Each entry below must appear in the answer exactly as written.
--*--
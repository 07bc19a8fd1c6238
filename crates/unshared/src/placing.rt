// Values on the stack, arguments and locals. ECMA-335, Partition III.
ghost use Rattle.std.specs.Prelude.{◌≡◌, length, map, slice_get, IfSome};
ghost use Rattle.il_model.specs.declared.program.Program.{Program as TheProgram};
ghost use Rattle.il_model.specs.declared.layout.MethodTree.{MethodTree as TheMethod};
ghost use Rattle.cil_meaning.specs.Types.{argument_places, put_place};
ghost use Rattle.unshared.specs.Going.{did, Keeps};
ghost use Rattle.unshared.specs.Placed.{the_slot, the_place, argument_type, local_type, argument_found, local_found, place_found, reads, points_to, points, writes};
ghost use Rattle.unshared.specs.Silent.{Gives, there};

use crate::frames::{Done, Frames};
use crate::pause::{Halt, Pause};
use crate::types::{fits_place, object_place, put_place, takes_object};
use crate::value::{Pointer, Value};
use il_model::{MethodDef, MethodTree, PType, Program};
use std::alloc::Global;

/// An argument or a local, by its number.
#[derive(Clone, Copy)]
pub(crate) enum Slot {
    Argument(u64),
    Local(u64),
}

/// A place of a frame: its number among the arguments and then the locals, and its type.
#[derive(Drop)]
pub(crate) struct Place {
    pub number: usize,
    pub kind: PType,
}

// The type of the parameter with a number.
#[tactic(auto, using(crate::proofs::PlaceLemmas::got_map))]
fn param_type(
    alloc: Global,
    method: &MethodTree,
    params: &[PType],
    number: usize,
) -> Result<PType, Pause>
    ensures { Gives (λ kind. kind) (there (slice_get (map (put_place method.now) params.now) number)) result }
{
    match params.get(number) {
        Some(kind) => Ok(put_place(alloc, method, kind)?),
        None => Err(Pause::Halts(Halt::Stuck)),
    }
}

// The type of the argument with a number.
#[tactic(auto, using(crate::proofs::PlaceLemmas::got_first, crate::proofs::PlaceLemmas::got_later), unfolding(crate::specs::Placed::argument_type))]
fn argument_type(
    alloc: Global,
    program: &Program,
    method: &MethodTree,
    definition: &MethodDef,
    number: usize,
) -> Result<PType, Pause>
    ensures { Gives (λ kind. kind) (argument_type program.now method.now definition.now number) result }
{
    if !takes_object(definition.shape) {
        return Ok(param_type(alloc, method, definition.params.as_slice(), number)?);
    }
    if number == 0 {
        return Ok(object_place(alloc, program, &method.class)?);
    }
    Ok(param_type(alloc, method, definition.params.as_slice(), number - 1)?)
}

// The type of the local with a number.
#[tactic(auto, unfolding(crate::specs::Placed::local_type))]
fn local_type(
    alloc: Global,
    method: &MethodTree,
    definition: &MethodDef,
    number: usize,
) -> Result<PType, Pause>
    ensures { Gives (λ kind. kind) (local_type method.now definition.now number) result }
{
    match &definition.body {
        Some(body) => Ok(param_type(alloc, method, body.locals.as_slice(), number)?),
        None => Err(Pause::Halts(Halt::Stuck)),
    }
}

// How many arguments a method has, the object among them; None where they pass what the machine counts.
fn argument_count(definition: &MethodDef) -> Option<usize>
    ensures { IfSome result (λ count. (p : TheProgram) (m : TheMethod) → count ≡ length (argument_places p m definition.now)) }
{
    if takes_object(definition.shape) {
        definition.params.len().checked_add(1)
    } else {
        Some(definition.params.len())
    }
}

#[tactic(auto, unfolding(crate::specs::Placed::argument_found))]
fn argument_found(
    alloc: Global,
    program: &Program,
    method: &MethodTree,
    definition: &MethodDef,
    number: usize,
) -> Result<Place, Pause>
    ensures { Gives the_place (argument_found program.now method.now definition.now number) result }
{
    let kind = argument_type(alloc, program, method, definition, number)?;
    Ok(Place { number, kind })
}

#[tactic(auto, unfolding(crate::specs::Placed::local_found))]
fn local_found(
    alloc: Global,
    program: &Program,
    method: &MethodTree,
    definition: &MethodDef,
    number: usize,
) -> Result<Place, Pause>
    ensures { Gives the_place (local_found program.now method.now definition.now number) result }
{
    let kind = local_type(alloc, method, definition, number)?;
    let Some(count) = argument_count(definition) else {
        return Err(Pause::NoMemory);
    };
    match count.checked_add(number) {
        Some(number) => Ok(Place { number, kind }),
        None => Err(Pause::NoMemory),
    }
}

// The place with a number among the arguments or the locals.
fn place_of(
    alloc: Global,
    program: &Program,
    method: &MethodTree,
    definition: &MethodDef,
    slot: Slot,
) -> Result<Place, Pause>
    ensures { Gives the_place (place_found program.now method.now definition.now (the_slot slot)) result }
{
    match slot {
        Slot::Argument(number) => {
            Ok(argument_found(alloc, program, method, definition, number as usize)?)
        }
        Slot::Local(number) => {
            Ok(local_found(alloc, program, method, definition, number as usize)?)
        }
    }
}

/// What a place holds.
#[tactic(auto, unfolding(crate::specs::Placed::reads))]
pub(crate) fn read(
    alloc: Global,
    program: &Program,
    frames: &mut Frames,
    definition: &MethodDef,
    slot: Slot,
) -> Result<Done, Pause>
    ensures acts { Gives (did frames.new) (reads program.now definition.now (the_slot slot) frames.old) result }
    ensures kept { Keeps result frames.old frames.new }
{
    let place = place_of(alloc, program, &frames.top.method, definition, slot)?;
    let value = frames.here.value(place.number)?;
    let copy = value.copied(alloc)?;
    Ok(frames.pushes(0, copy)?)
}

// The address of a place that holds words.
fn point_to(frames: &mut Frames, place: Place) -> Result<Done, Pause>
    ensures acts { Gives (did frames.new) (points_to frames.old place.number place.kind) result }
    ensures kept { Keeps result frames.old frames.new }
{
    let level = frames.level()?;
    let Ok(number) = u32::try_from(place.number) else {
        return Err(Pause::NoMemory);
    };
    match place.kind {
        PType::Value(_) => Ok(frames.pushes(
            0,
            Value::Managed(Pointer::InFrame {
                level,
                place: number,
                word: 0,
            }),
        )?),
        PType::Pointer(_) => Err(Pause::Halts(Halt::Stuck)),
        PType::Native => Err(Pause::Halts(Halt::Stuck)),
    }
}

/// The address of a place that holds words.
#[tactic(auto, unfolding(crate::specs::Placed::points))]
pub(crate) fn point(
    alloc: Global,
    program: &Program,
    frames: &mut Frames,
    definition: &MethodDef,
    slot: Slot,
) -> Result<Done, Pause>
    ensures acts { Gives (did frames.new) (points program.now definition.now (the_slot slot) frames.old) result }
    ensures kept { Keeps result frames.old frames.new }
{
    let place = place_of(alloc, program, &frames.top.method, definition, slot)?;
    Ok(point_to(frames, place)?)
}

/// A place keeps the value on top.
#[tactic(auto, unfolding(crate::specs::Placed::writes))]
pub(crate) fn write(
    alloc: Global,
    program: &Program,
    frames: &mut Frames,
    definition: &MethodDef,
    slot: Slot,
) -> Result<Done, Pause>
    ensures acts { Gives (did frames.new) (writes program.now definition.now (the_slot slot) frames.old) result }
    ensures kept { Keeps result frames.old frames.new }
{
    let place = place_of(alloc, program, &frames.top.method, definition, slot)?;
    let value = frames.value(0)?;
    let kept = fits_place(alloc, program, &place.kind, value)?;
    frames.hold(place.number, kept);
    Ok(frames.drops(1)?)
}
--*--
→ Response area
repository 07bc19a8fd1c6238
filename crates/unshared/src/placing.rt
// Values on the stack, arguments and locals. ECMA-335, Partition III.
ghost use Rattle.std.specs.Prelude.{◌≡◌, length, map, slice_get, IfSome};
ghost use Rattle.il_model.specs.declared.program.Program.{Program as TheProgram};
ghost use Rattle.il_model.specs.declared.layout.MethodTree.{MethodTree as TheMethod};
ghost use Rattle.cil_meaning.specs.Types.{argument_places, put_place};
ghost use Rattle.unshared.specs.Going.{did, Keeps};
ghost use Rattle.unshared.specs.Placed.{the_slot, the_place, argument_type, local_type, argument_found, local_found, place_found, reads, points_to, points, writes};
ghost use Rattle.unshared.specs.Silent.{Gives, there};

use crate::frames::{Done, Frames};
use crate::pause::{Halt, Pause};
use crate::types::{fits_place, object_place, put_place, takes_object};
use crate::value::{Pointer, Value};
use il_model::{MethodDef, MethodTree, PType, Program};
use std::alloc::Global;

/// An argument or a local, by its number.
#[derive(Clone, Copy)]
pub(crate) enum Slot {
    Argument(u64),
    Local(u64),
}

/// A place of a frame: its number among the arguments and then the locals, and its type.
#[derive(Drop)]
pub(crate) struct Place {
    pub number: usize,
    pub kind: PType,
}

// The type of the parameter with a number.
#[tactic(auto, using(crate::proofs::PlaceLemmas::got_map))]
fn param_type(
    alloc: Global,
    method: &MethodTree,
    params: &[PType],
    number: usize,
) -> Result<PType, Pause>
    ensures { Gives (λ kind. kind) (there (slice_get (map (put_place method.now) params.now) number)) result }
{
    match params.get(number) {
        Some(kind) => Ok(put_place(alloc, method, kind)?),
        None => Err(Pause::Halts(Halt::Stuck)),
    }
}

// The type of the argument with a number.
#[tactic(auto, using(crate::proofs::PlaceLemmas::got_first, crate::proofs::PlaceLemmas::got_later), unfolding(crate::specs::Placed::argument_type))]
fn argument_type(
    alloc: Global,
    program: &Program,
    method: &MethodTree,
    definition: &MethodDef,
    number: usize,
) -> Result<PType, Pause>
    ensures { Gives (λ kind. kind) (argument_type program.now method.now definition.now number) result }
{
    if !takes_object(definition.shape) {
        return Ok(param_type(alloc, method, definition.params.as_slice(), number)?);
    }
    if number == 0 {
        return Ok(object_place(alloc, program, &method.class)?);
    }
    Ok(param_type(alloc, method, definition.params.as_slice(), number - 1)?)
}

// The type of the local with a number.
#[tactic(auto, unfolding(crate::specs::Placed::local_type))]
fn local_type(
    alloc: Global,
    method: &MethodTree,
    definition: &MethodDef,
    number: usize,
) -> Result<PType, Pause>
    ensures { Gives (λ kind. kind) (local_type method.now definition.now number) result }
{
    match &definition.body {
        Some(body) => Ok(param_type(alloc, method, body.locals.as_slice(), number)?),
        None => Err(Pause::Halts(Halt::Stuck)),
    }
}

// How many arguments a method has, the object among them; None where they pass what the machine counts.
fn argument_count(definition: &MethodDef) -> Option<usize>
    ensures { IfSome result (λ count. (p : TheProgram) (m : TheMethod) → count ≡ length (argument_places p m definition.now)) }
{
    if takes_object(definition.shape) {
        definition.params.len().checked_add(1)
    } else {
        Some(definition.params.len())
    }
}

#[tactic(auto, unfolding(crate::specs::Placed::argument_found))]
fn argument_found(
    alloc: Global,
    program: &Program,
    method: &MethodTree,
    definition: &MethodDef,
    number: usize,
) -> Result<Place, Pause>
    ensures { Gives the_place (argument_found program.now method.now definition.now number) result }
{
    let kind = argument_type(alloc, program, method, definition, number)?;
    Ok(Place { number, kind })
}

#[tactic(auto, unfolding(crate::specs::Placed::local_found))]
fn local_found(
    alloc: Global,
    program: &Program,
    method: &MethodTree,
    definition: &MethodDef,
    number: usize,
) -> Result<Place, Pause>
    ensures { Gives the_place (local_found program.now method.now definition.now number) result }
{
    let kind = local_type(alloc, method, definition, number)?;
    let Some(count) = argument_count(definition) else {
        return Err(Pause::NoMemory);
    };
    match count.checked_add(number) {
        Some(number) => Ok(Place { number, kind }),
        None => Err(Pause::NoMemory),
    }
}

// The place with a number among the arguments or the locals.
fn place_of(
    alloc: Global,
    program: &Program,
    method: &MethodTree,
    definition: &MethodDef,
    slot: Slot,
) -> Result<Place, Pause>
    ensures { Gives the_place (place_found program.now method.now definition.now (the_slot slot)) result }
{
    match slot {
        Slot::Argument(number) => {
            Ok(argument_found(alloc, program, method, definition, number as usize)?)
        }
        Slot::Local(number) => {
            Ok(local_found(alloc, program, method, definition, number as usize)?)
        }
    }
}

/// What a place holds.
#[tactic(auto, unfolding(crate::specs::Placed::reads))]
pub(crate) fn read(
    alloc: Global,
    program: &Program,
    frames: &mut Frames,
    definition: &MethodDef,
    slot: Slot,
) -> Result<Done, Pause>
    ensures acts { Gives (did frames.new) (reads program.now definition.now (the_slot slot) frames.old) result }
    ensures kept { Keeps result frames.old frames.new }
{
    let place = place_of(alloc, program, &frames.top.method, definition, slot)?;
    let value = frames.here.value(place.number)?;
    let copy = value.copied(alloc)?;
    Ok(frames.pushes(0, copy)?)
}

// The address of a place that holds words.
fn point_to(frames: &mut Frames, place: Place) -> Result<Done, Pause>
    ensures acts { Gives (did frames.new) (points_to frames.old place.number place.kind) result }
    ensures kept { Keeps result frames.old frames.new }
{
    let level = frames.level()?;
    let Ok(number) = u32::try_from(place.number) else {
        return Err(Pause::NoMemory);
    };
    match place.kind {
        PType::Value(_) => Ok(frames.pushes(
            0,
            Value::Managed(Pointer::InFrame {
                level,
                place: number,
                word: 0,
            }),
        )?),
        PType::Pointer(_) => Err(Pause::Halts(Halt::Stuck)),
        PType::Native => Err(Pause::Halts(Halt::Stuck)),
    }
}

/// The address of a place that holds words.
#[tactic(auto, unfolding(crate::specs::Placed::points))]
pub(crate) fn point(
    alloc: Global,
    program: &Program,
    frames: &mut Frames,
    definition: &MethodDef,
    slot: Slot,
) -> Result<Done, Pause>
    ensures acts { Gives (did frames.new) (points program.now definition.now (the_slot slot) frames.old) result }
    ensures kept { Keeps result frames.old frames.new }
{
    let place = place_of(alloc, program, &frames.top.method, definition, slot)?;
    Ok(point_to(frames, place)?)
}

/// A place keeps the value on top.
#[tactic(auto, unfolding(crate::specs::Placed::writes))]
pub(crate) fn write(
    alloc: Global,
    program: &Program,
    frames: &mut Frames,
    definition: &MethodDef,
    slot: Slot,
) -> Result<Done, Pause>
    ensures acts { Gives (did frames.new) (writes program.now definition.now (the_slot slot) frames.old) result }
    ensures kept { Keeps result frames.old frames.new }
{
    let place = place_of(alloc, program, &frames.top.method, definition, slot)?;
    let value = frames.value(0)?;
    let kept = fits_place(alloc, program, &place.kind, value)?;
    frames.hold(place.number, kept);
    Ok(frames.drops(1)?)
}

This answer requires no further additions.